Find each line below that includes "Option", then copy it.
== Segment start ==
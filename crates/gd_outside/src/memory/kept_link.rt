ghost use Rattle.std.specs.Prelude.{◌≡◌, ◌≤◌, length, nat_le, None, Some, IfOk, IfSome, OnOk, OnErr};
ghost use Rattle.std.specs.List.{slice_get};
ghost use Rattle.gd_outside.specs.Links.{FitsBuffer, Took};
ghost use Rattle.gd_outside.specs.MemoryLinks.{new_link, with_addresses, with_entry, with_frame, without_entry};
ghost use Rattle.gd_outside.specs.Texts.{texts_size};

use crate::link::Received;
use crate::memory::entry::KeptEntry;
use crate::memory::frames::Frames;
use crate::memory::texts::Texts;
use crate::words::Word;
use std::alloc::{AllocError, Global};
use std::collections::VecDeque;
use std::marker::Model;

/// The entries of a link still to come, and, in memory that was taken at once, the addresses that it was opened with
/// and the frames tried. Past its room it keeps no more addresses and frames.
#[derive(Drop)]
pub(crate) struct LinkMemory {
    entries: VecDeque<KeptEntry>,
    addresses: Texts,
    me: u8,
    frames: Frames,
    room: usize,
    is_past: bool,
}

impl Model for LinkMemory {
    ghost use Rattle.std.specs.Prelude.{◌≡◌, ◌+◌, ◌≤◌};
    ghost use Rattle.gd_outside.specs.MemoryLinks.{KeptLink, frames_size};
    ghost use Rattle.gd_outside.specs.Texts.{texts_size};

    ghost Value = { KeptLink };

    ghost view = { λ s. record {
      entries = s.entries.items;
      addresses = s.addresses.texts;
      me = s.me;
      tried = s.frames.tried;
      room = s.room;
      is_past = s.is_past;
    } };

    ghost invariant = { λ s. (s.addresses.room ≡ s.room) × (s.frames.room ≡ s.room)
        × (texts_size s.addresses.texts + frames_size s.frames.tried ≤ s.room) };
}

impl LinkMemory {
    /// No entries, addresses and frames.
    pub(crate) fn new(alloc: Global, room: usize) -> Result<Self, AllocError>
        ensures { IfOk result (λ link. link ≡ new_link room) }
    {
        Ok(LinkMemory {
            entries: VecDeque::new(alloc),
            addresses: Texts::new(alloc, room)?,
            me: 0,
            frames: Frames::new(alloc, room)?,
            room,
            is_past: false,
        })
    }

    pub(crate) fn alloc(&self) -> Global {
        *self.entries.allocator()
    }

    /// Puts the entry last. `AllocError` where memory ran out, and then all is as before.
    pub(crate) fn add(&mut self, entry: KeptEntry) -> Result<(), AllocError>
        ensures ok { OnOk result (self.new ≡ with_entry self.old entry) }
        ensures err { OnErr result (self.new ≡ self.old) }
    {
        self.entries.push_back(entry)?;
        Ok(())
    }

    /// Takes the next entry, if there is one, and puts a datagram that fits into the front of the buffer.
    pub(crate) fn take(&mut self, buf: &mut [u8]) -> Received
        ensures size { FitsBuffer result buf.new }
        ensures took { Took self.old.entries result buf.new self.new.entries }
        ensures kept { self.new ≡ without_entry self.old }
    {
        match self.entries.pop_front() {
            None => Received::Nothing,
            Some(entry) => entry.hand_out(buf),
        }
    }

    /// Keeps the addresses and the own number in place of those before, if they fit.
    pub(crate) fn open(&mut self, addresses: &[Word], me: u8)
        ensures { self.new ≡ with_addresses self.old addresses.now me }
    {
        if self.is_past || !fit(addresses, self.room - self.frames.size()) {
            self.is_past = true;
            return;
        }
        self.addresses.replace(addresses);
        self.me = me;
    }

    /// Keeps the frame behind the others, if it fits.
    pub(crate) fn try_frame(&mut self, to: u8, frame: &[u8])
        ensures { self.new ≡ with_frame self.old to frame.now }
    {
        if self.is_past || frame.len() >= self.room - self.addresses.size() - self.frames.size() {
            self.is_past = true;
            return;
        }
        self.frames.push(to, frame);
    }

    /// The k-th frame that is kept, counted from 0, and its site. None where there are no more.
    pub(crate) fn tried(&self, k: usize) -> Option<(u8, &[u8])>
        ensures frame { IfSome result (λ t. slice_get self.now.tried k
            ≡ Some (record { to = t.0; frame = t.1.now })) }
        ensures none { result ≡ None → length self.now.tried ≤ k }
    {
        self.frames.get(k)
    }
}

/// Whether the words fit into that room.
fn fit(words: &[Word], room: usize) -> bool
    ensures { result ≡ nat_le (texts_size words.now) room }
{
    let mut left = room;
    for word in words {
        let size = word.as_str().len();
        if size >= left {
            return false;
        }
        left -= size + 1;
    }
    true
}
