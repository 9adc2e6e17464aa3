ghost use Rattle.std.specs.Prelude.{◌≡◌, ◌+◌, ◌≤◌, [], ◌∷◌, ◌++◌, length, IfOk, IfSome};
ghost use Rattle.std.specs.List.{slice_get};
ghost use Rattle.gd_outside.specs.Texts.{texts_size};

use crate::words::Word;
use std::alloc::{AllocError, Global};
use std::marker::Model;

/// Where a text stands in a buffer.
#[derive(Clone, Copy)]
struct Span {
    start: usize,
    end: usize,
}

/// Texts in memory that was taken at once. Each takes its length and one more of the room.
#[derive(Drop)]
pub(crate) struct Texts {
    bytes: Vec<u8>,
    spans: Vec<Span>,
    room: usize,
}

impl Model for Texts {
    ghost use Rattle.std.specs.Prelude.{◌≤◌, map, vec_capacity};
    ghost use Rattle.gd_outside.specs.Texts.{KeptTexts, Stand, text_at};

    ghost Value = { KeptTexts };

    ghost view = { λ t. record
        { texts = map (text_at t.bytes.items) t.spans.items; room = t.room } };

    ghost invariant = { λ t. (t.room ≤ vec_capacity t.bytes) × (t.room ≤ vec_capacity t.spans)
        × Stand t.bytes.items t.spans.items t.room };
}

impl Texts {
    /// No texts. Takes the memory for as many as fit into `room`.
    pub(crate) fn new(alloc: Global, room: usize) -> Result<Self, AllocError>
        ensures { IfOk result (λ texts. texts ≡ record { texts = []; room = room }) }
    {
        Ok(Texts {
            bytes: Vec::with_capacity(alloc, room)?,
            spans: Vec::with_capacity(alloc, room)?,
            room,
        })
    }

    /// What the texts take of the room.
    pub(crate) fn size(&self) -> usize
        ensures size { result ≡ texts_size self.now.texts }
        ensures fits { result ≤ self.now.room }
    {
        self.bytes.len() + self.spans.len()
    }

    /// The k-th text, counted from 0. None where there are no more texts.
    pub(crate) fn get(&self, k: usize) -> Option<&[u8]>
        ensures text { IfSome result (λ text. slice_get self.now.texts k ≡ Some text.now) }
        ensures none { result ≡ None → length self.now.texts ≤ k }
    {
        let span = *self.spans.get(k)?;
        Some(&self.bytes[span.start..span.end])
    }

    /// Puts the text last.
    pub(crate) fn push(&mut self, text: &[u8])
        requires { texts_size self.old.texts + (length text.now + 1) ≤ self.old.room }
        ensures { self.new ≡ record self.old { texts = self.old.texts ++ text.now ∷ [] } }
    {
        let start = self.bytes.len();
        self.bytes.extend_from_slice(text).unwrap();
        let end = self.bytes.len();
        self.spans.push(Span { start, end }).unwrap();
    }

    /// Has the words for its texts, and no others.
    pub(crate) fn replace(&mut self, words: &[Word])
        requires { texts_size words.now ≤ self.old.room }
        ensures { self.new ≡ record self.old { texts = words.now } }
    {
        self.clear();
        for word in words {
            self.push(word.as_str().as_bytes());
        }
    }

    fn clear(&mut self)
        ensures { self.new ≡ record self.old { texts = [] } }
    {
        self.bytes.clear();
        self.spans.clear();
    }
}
== Segment end ==
** Response to the task **
    pub(crate) fn tried(&self, k: usize) -> Option<(u8, &[u8])>
    pub(crate) fn get(&self, k: usize) -> Option<&[u8]>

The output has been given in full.